Alvarado is serving a life sentence at the Robertson Unit near Abilene. Saenz is serving three concurrent life sentences at the Ramsey Unit at Rosharon. Paredes was convicted of capital murder and is incarcerated at the Polunsky Unit outside Livingston, awaiting execution.
Paredes rationalized his involvement in the killing by pointing to Torres’ alleged involvement with the Mexican Mafia. According to his “crazy mentality,” he said, people involved in criminal activity should understand the risks.
For most of his time on death row, Paredes possessed the same quick temper and disregard for life that characterized his life before imprisonment. But a few years ago, he began “silently seeking” God.
“I started asking God to take away the pain and show me the truth,” he said.

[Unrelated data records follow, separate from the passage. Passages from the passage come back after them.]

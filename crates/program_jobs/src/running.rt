//! A run of the whole program, with any writers, and with anything that opens files and binds
//! sockets.
ghost use Rattle.std.specs.Prelude.{◌≡◌, IfOk, IfErr, map, string_bytes};
ghost use Rattle.std.specs.Fn.{FnOnceReturnsAt, FnReturnsAt};
ghost use Rattle.std.specs.IoError.{error_kind};
ghost use Rattle.std.specs.Process.{exit_status};
ghost use Rattle.program_jobs.specs.Running.{AreOpened, FailsForOne, Finds};
ghost use Rattle.program_jobs.specs.Running.{IsOpenFailure, Opened, OpensFile, OpensFiles};
ghost use Rattle.program_jobs.specs.Running.{RunsWords, StopTold, Unread};
ghost use Rattle.program_jobs.specs.Texts.{sources_of};

use crate::acting::{Writers, act, finish};
use crate::failure::Failure;
use crate::socket::{BoundSocket, run_over_socket};
use crate::tables::TablesFile;
use program_arguments::{Job, Stop, job_of, status};
use program_stream::{write_through, write_whole};
use std::alloc::Global;
use std::io::{self, Eprint, ErrorKind, Read, Write};
use std::process::{ExitCode, Termination};

/// The message for words that are not text.
const NO_TEXT: &[u8] = b"error: a word of the command line is not UTF-8\n";

/// How a run ended; the program's exit status. Only `run` makes one.
#[derive(Debug, Drop)]
pub struct ExitStatus {
    status: u8,
}

impl Termination for ExitStatus {
    fn report<R: Eprint>(self, _rt: &R) -> ExitCode
        ensures { exit_status result ≡ self.status }
    {
        ExitCode::from(self.status)
    }
}

/// Does what the words of a command line ask for; the first word is the program's name.
///
/// `finder` returns the names of the files with the table texts that a word names. `openers` opens
/// what a job reads, all of it before any is read: the first the files, the second the recording of
/// a stream. `binder` binds the socket of a job that needs one. Help and the version are printed
/// like a job's output.
pub fn run<R, L, F, G, S, B, O, E>(
    alloc: Global,
    words: io::Result<Vec<String>>,
    finder: L,
    openers: (F, G),
    binder: B,
    writers: &mut Writers<O, E>,
) -> ExitStatus
where
    R: Read + Drop,
    L: Fn(&str) -> io::Result<Vec<String>>,
    F: Fn(&str) -> io::Result<R>,
    G: Fn(&str) -> io::Result<R>,
    S: BoundSocket,
    B: FnOnce(&str) -> io::Result<S>,
    O: Write,
    E: Write,
    requires finds { L.IsAlwaysCallable finder }
    requires opens { F.IsAlwaysCallable openers.0 }
    requires streams { G.IsAlwaysCallable openers.1 }
    requires binds { B.IsAlwaysCallable binder }
    ensures { RunsWords words R.remaining O.contents E.contents (FnReturnsAt L.Fn finder)
        (FnReturnsAt F.Fn openers.0) (FnReturnsAt G.Fn openers.1) (FnOnceReturnsAt B.FnOnce binder)
        S.removes writers.old.out writers.new.out writers.old.err writers.new.err
        result.status }
{
    let status = match words {
        Ok(words) => match job_of(alloc, words.as_slice()) {
            Ok(job) => run_job(alloc, &job, finder, openers, binder, writers),
            Err(stop) => report_stop(&stop, writers),
        },
        Err(error) => not_read(&error, &mut writers.err),
    };
    ExitStatus { status }
}

/// Reports why the words of a command line could not be read, and returns the status.
fn not_read<E: Write>(error: &io::Error, err: &mut E) -> u8
    ensures { Unread E.contents (error_kind error.now) err.old err.new result }
{
    if error.kind() == ErrorKind::OutOfMemory {
        return Failure::Memory.report(err);
    }
    let _ = write_whole(err, NO_TEXT);
    status::BAD_COMMAND_LINE
}

/// Prints help or the version to `out`, and anything else to `err`, and returns the exit status:
/// that of the stop, or 3 if `out` does not take the text.
fn report_stop<O: Write, E: Write>(stop: &Stop, writers: &mut Writers<O, E>) -> u8
    ensures { StopTold O.contents E.contents stop.now writers.old.out writers.new.out
        writers.old.err writers.new.err result }
{
    match stop.status {
        status::SUCCESS => match write_through(&mut writers.out, stop.text.as_str().as_bytes()) {
            Ok(()) => status::SUCCESS,
            Err(_) => Failure::CannotWrite.report(&mut writers.err),
        },
        status::OUT_OF_MEMORY => Failure::Memory.report(&mut writers.err),
        status => {
            let _ = write_whole(&mut writers.err, stop.text.as_str().as_bytes());
            status
        }
    }
}

/// Why a file of this name could not be opened.
fn open_failure<'a>(name: &'a str, error: &io::Error) -> Failure<'a>
    ensures { IsOpenFailure name.entry.now (error_kind error.now) result }
{
    if error.kind() == ErrorKind::OutOfMemory {
        return Failure::Memory;
    }
    Failure::CannotRead(name)
}

/// Opens what the job reads, or binds its socket, does it, and returns the status.
fn run_job<R, L, F, G, S, B, O, E>(
    alloc: Global,
    job: &Job,
    finder: L,
    openers: (F, G),
    binder: B,
    writers: &mut Writers<O, E>,
) -> u8
where
    R: Read + Drop,
    L: Fn(&str) -> io::Result<Vec<String>>,
    F: Fn(&str) -> io::Result<R>,
    G: Fn(&str) -> io::Result<R>,
    S: BoundSocket,
    B: FnOnce(&str) -> io::Result<S>,
    O: Write,
    E: Write,
    requires finds { L.IsAlwaysCallable finder }
    requires opens { F.IsAlwaysCallable openers.0 }
    requires streams { G.IsAlwaysCallable openers.1 }
    requires binds { B.IsAlwaysCallable binder }
    ensures { Opened R.remaining O.contents E.contents (FnReturnsAt L.Fn finder)
        (FnReturnsAt F.Fn openers.0) (FnReturnsAt G.Fn openers.1) (FnOnceReturnsAt B.FnOnce binder)
        S.removes job.now writers.old.out writers.new.out writers.old.err writers.new.err result }
{
    let (opener, streamer) = (&openers.0, &openers.1);
    match job {
        Job::Trace { tables, file, .. } | Job::Check { tables, file, .. } => {
            let names = (tables, file);
            run_over_files(alloc, job, names, &finder, (opener, opener), writers)
        }
        Job::Stream { tables, file, .. } => {
            let names = (tables, file);
            run_over_files(alloc, job, names, &finder, (opener, streamer), writers)
        }
        Job::Demo { .. } => {
            let none: Vec<TablesFile<'_, io::Empty>> = Vec::new(alloc);
            act(alloc, alloc, job, none, &mut io::empty(), writers)
        }
        Job::Socket { path } => match binder(path.as_str()) {
            Ok(bound) => finish(run_over_socket(alloc, alloc, bound), writers),
            Err(error) => Failure::of_socket(&error).report(&mut writers.err),
        },
    }
}

/// Finds the table texts that these words name, opens them, does the job with them and with the
/// recording that `recorder` opens, and returns the status.
fn run_over_files<R, L, F, G, O, E>(
    alloc: Global,
    job: &Job,
    names: (&Vec<String>, &String),
    finder: &L,
    openers: (&F, &G),
    writers: &mut Writers<O, E>,
) -> u8
where
    R: Read + Drop,
    L: Fn(&str) -> io::Result<Vec<String>>,
    F: Fn(&str) -> io::Result<R>,
    G: Fn(&str) -> io::Result<R>,
    O: Write,
    E: Write,
    requires finds { L.IsAlwaysCallable finder.now }
    requires opens { F.IsAlwaysCallable openers.0.now }
    requires records { G.IsAlwaysCallable openers.1.now }
    ensures { OpensFiles R.remaining O.contents E.contents (FnReturnsAt L.Fn finder.now)
        (FnReturnsAt F.Fn openers.entry.0.now) (FnReturnsAt G.Fn openers.entry.1.now) job.now
        (map string_bytes names.entry.0.now.items) (string_bytes names.entry.1.now)
        writers.old.out writers.new.out writers.old.err writers.new.err result }
{
    let (tables, name) = names;
    let (opener, recorder) = openers;
    match all_found(alloc, tables.as_slice(), finder) {
        Ok(found) => match all_opened(alloc, found.as_slice(), opener) {
            Ok(files) => run_over_file(alloc, job, files, name, recorder, writers),
            Err(failure) => failure.report(&mut writers.err),
        },
        Err(failure) => failure.report(&mut writers.err),
    }
}

/// The names of the files that hold the table texts that these words name, in their order.
fn all_found<'a, L>(
    alloc: Global,
    words: &'a [String],
    finder: &L,
) -> Result<Vec<String>, Failure<'a>>
where
    L: Fn(&str) -> io::Result<Vec<String>>,
    requires { L.IsAlwaysCallable finder.now }
    ensures found { IfOk result (λ found. Finds (FnReturnsAt L.Fn finder.now)
        (map string_bytes words.now) (map string_bytes found.items)) }
    ensures refused { IfErr result (FailsForOne (FnReturnsAt L.Fn finder.now)
        (map string_bytes words.now)) }
{
    let mut all = Vec::new(alloc);
    'words: for word in words {
        match finder(word.as_str()) {
            Ok(mut found) => all.append(&mut found)?,
            Err(error) => return Err(open_failure(word.as_str(), &error)),
        }
    }
    Ok(all)
}

/// The files of these names, opened in their order.
fn all_opened<'a, R, F>(
    alloc: Global,
    names: &'a [String],
    opener: &F,
) -> Result<Vec<TablesFile<'a, R>>, Failure<'a>>
where
    R: Read + Drop,
    F: Fn(&str) -> io::Result<R>,
    requires { F.IsAlwaysCallable opener.now }
    ensures opened { IfOk result (λ files. AreOpened (FnReturnsAt F.Fn opener.now)
        (map string_bytes names.now) files.items) }
    ensures refused { IfErr result (FailsForOne (FnReturnsAt F.Fn opener.now)
        (map string_bytes names.now)) }
{
    let mut files = Vec::new(alloc);
    'names: for word in names {
        let name = word.as_str();
        match opener(name) {
            Ok(file) => files.push(TablesFile { name, file })?,
            Err(error) => return Err(open_failure(name, &error)),
        }
    }
    Ok(files)
}

/// Opens the recording of this name, does the job with it and its tables, and returns the status.
fn run_over_file<T, R, F, O, E>(
    alloc: Global,
    job: &Job,
    tables: Vec<TablesFile<'_, T>>,
    name: &String,
    opener: &F,
    writers: &mut Writers<O, E>,
) -> u8
where
    T: Read + Drop,
    R: Read + Drop,
    F: Fn(&str) -> io::Result<R>,
    O: Write,
    E: Write,
    requires opens { F.IsAlwaysCallable opener.now }
    ensures { OpensFile R.remaining O.contents E.contents (FnReturnsAt F.Fn opener.now) job.now
        (sources_of T.remaining tables.entry.items) (string_bytes name.now) writers.old.out
        writers.new.out writers.old.err writers.new.err result }
{
    match opener(name.as_str()) {
        Ok(mut file) => act(alloc, alloc, job, tables, &mut file, writers),
        Err(error) => open_failure(name.as_str(), &error).report(&mut writers.err),
    }
}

During Advent 2011, he read the entire New Testament.
No more second guessing
“Little by little, it gripped me. God loved me a lot,” he said. “There was no more second guessing. I understand now who is my Savior and my Lord. I have been completely different since then.”
Dorothy Ruelas, a prison ministry volunteer from Sugar Creek Baptist Church in Sugar Land, began correspondence with Paredes soon after he completed reading the New Testament.
“He told me he knew God had sent me to him exactly at this time in his life, so he could continue his spiritual walk,” she said.
Ruelas encouraged him to share his newfound faith with other people—including other prisoners on death row.
“His testimony on Death Row is very powerful, because the other inmates who have known him for many years see the changes in his life—changes they never believed could happen to someone like Miguel Angel,” she said.
Paredes considers it “a great day” when he can offer encouragement and a Christian witness to other inmates.
“You have to be ready for whatever God brings your way,” he said.
Other inmates who knew Paredes before he became a Christian recognize his actions match his profession, Ruelas added.
Sharing his faith
“Miguel Angel has strived to set an example to all in living, serving and loving them the way Christ would do it. He has reached out and shown love and witnessed to those who are not well-liked on death row,” she said.
Paredes also has shared his faith with every family member who has written to him or visited him, he noted. He has assured them all he is ready to meet God on his execution day, and he accepts his death sentence as the consequence of his actions.
“I don’t have a yearning for the earth any more,” he said.
However, he dreads the grief his execution will cause friends like Ruelas, who plans to be present as a witness, and his family—particularly his teenaged son.
“I wish somebody would tell that story,” he said. “I wish everybody could see who is really being hurt—to see the forgotten people.”